Take the line containing "(now : Whole) →" and all lines after it to the end of the records, and output them exactly.

-- PROVIDED DATA follows --

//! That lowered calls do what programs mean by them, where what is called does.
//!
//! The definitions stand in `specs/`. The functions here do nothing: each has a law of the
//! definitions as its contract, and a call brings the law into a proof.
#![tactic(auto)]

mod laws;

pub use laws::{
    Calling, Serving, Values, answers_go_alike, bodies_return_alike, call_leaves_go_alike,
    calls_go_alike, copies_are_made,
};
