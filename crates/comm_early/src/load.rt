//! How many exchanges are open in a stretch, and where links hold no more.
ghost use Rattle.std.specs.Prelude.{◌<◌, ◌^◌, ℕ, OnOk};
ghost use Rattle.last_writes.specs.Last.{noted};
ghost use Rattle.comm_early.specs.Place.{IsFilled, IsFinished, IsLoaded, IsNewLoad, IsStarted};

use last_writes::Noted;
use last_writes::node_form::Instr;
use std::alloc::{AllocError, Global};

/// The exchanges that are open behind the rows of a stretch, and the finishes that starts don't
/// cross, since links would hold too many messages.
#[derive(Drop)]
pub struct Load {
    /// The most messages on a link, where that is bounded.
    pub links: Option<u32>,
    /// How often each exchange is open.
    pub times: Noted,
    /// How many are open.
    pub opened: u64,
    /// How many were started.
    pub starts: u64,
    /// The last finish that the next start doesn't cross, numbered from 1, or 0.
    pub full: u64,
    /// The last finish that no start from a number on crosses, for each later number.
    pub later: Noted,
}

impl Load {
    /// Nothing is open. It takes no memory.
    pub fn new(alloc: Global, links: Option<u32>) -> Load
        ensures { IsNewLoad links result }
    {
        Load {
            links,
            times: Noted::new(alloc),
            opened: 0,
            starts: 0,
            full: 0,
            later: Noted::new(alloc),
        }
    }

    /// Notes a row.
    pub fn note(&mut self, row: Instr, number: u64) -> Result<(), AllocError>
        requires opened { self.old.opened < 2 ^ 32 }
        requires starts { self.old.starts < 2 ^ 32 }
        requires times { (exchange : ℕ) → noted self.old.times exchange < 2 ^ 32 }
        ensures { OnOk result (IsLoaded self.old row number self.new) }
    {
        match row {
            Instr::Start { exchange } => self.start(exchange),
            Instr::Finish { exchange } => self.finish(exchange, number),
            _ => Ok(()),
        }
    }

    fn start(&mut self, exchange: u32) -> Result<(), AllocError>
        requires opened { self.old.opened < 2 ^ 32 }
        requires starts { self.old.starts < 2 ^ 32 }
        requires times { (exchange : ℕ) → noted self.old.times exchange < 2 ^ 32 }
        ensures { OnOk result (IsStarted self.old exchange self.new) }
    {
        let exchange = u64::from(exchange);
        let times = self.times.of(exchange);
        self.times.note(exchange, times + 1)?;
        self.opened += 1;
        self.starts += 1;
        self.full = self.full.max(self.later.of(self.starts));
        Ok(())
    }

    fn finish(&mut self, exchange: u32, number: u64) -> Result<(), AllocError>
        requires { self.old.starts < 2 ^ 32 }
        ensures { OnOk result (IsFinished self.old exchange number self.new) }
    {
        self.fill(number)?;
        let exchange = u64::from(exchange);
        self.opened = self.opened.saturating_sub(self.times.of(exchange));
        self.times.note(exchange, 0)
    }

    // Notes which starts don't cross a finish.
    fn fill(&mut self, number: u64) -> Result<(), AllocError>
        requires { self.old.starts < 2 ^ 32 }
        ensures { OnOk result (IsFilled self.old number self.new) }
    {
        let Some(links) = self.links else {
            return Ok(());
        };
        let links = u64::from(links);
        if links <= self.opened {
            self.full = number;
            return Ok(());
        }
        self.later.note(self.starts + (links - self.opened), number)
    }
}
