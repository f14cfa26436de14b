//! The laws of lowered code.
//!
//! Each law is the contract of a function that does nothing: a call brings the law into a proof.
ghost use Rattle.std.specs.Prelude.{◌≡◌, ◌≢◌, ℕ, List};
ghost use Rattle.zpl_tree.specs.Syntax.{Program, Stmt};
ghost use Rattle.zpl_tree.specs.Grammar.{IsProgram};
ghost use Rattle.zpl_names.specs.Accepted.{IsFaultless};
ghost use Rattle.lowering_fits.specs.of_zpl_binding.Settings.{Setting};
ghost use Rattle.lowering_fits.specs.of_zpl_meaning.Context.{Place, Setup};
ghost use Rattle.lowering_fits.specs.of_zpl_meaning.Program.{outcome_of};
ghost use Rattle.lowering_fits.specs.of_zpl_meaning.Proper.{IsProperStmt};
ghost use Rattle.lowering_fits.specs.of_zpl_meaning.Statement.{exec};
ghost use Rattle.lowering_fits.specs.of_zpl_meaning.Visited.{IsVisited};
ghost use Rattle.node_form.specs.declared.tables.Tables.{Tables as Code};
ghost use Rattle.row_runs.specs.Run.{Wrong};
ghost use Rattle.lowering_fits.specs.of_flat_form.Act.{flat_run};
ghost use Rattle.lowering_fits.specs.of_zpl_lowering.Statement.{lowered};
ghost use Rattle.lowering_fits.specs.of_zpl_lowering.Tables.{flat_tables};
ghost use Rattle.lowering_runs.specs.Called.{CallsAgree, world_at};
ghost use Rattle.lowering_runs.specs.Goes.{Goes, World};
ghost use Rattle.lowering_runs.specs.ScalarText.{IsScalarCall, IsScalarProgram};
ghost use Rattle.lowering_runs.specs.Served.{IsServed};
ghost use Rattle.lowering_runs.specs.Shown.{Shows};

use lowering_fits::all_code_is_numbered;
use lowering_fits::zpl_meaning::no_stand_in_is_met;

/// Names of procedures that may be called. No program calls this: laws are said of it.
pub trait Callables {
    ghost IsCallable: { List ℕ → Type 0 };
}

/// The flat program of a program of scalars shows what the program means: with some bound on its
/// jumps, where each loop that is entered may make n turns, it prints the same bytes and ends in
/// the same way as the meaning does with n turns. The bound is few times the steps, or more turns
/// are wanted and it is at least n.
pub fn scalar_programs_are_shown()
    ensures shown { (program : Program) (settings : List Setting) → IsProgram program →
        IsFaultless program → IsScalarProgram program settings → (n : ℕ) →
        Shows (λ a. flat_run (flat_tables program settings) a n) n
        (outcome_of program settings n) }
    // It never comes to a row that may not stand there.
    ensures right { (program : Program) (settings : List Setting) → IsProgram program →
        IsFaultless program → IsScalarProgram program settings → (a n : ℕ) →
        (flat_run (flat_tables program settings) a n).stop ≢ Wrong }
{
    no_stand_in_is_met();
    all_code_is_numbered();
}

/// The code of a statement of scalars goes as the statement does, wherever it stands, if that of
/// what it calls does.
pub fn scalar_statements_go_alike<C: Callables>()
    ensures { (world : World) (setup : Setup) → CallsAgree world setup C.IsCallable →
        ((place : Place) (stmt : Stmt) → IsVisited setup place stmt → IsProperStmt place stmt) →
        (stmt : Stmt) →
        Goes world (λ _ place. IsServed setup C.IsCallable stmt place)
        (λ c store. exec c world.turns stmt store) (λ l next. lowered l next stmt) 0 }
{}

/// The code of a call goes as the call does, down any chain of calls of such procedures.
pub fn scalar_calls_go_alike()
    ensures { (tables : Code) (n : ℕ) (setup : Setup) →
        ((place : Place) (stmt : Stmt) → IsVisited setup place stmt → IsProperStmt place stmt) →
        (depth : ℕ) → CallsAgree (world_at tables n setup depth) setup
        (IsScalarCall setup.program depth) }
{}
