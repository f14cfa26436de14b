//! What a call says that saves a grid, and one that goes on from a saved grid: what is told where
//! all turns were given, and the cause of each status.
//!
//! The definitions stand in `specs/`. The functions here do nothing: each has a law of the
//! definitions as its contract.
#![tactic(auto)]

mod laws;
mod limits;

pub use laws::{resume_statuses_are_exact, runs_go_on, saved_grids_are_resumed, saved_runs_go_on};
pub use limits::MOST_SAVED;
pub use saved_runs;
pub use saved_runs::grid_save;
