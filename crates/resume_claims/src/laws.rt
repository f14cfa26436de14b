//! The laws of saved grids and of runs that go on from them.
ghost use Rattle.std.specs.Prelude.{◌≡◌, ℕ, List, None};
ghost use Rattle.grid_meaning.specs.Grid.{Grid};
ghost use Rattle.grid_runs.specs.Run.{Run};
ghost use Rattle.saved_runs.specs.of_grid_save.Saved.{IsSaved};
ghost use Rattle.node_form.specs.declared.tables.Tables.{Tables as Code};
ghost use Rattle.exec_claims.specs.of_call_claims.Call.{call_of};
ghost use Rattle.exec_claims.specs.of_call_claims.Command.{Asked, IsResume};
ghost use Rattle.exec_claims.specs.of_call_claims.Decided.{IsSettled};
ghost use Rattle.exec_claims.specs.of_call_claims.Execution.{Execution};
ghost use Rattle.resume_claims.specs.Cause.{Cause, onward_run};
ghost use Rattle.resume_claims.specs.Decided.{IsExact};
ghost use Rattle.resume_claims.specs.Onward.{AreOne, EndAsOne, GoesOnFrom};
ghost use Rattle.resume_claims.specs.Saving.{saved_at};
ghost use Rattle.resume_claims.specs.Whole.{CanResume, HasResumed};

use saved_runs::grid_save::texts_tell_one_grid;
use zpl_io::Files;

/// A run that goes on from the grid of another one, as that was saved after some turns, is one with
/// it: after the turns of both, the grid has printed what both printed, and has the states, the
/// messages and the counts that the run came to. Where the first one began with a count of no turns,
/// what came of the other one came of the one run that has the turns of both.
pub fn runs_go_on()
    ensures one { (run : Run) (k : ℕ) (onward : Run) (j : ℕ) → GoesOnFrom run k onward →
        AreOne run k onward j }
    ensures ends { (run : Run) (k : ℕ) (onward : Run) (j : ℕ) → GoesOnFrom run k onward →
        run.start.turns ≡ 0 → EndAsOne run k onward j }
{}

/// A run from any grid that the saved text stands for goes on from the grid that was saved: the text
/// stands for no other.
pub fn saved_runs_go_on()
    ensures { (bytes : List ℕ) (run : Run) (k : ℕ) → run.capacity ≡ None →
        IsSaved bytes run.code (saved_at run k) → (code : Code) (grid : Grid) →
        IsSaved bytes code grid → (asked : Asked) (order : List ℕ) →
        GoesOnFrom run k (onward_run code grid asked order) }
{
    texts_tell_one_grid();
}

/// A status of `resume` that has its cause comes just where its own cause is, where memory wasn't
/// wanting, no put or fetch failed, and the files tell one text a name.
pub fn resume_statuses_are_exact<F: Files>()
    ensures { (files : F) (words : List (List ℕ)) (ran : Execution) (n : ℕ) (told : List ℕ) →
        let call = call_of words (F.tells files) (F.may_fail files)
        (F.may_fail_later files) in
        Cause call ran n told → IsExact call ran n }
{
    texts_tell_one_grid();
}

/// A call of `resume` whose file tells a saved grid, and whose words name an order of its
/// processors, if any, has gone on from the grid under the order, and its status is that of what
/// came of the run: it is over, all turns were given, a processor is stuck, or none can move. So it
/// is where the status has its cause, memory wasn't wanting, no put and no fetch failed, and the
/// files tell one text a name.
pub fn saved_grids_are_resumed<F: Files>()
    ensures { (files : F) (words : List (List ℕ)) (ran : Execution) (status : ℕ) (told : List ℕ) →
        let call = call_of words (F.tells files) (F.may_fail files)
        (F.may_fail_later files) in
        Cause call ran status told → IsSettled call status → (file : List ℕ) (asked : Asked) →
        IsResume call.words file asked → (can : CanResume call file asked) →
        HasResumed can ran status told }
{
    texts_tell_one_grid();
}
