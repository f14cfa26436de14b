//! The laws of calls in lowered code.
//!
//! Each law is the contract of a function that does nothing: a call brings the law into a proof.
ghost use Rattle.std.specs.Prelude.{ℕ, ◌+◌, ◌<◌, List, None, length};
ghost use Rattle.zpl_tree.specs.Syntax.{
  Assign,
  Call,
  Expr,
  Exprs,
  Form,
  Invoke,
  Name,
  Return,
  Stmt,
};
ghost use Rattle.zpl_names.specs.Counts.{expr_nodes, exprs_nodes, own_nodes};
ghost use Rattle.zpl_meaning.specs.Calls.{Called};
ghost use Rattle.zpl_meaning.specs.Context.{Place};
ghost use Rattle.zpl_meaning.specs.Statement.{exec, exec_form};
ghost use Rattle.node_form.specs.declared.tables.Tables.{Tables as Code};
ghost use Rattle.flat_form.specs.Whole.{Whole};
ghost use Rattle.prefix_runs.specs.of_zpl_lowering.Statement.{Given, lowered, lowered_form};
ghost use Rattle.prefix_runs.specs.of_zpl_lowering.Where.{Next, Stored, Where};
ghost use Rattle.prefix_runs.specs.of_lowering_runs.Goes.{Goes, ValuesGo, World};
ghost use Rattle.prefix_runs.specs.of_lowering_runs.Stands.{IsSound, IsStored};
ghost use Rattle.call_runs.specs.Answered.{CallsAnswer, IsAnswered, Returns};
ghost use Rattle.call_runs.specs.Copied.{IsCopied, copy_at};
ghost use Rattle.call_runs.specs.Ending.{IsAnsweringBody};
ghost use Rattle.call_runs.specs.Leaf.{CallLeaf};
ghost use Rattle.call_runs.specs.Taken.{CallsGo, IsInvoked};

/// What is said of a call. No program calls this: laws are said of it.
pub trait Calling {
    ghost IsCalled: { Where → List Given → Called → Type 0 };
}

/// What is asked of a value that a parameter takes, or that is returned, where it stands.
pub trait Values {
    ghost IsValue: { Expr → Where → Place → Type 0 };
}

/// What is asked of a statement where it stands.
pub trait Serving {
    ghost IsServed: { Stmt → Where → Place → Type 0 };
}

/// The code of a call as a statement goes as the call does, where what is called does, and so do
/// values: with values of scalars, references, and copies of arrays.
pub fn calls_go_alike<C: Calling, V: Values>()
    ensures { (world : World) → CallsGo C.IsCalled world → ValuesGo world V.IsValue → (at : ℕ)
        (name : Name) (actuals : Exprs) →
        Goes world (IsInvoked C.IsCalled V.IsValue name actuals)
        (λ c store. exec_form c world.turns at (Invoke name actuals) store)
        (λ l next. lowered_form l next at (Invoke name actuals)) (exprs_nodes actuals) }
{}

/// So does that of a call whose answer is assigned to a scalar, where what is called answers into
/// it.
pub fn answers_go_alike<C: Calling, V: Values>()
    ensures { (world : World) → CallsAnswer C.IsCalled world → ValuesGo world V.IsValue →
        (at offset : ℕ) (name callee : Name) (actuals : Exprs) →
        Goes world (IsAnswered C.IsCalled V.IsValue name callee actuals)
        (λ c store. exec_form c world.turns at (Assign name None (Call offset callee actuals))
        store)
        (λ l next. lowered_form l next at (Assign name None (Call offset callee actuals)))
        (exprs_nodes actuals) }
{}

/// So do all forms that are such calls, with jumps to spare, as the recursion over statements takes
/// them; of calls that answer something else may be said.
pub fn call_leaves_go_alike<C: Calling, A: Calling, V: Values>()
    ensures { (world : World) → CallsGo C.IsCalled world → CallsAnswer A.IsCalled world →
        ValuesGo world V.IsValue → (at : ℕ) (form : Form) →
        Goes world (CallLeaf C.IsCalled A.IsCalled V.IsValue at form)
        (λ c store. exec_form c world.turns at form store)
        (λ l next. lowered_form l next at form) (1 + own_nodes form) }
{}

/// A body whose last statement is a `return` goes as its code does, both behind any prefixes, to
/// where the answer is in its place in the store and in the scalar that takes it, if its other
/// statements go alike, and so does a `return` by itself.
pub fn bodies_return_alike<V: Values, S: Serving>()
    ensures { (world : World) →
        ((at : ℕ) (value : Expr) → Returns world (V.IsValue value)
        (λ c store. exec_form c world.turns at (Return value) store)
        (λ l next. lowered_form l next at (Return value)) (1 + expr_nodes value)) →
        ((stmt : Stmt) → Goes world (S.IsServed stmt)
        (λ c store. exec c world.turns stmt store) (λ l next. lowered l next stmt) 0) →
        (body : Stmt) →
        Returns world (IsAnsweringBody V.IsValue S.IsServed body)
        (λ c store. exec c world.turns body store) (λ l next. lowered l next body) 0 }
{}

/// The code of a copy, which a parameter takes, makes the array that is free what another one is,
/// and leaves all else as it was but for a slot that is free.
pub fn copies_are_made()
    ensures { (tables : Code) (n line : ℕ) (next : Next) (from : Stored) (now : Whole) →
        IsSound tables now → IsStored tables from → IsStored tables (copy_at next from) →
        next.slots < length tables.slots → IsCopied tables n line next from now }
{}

-- PROVIDED DATA concluded --

* **RESPONSE**:
    ensures { (tables : Code) (n line : ℕ) (next : Next) (from : Stored) (now : Whole) →
        IsSound tables now → IsStored tables from → IsStored tables (copy_at next from) →
        next.slots < length tables.slots → IsCopied tables n line next from now }
{}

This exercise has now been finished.